A high-order fully Lagrangian particle level-set method for dynamic surfaces

TL;DR

This paper introduces a high-order Lagrangian particle level-set method that performs accurate surface redistancing directly on irregular particles using polynomial regression, improving robustness and accuracy without mesh reliance.

Contribution

It develops a novel high-order polynomial regression approach for particle-based level-set redistancing, eliminating the need for mesh-based interpolation and enhancing robustness.

Findings

Achieves high-order accuracy in 2D and 3D geometries.

Demonstrates robustness against particle distortion.

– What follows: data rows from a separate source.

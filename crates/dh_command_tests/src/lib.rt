//! Tests of what the cases of `dhall_cases` cannot say: files of cases that are refused, the program's streams and
//! words, texts from servers on loopback, workers beside each other, and worlds that tell what they have.
#![tactic(auto)]

#[cfg(test)]
mod case_files;
#[cfg(test)]
mod program;
#[cfg(test)]
mod streams;
#[cfg(test)]
mod web;
#[cfg(test)]
mod workers;
#[cfg(test)]
mod worlds;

Shows convergence in benchmark tests and applies to droplet simulation.

Abstract

We present a fully Lagrangian particle level-set method based on high-order polynomial regression. This enables closest-point redistancing without requiring a regular Cartesian mesh, relaxing the need for particle-mesh interpolation. Instead, we perform level-set redistancing directly on irregularly distributed particles by polynomial regression in a Newton-Lagrange basis on a set of unisolvent nodes. We demonstrate that the resulting particle closest-point (PCP) redistancing achieves high-order accuracy for 2D and 3D geometries discretized on highly irregular particle distributions and has better robustness against particle distortion than regression in a monomial basis. Further, we show convergence in a classic level-set benchmark case involving ill-conditioned particle distributions, and we present an application to an oscillating droplet simulation in multi-phase flow.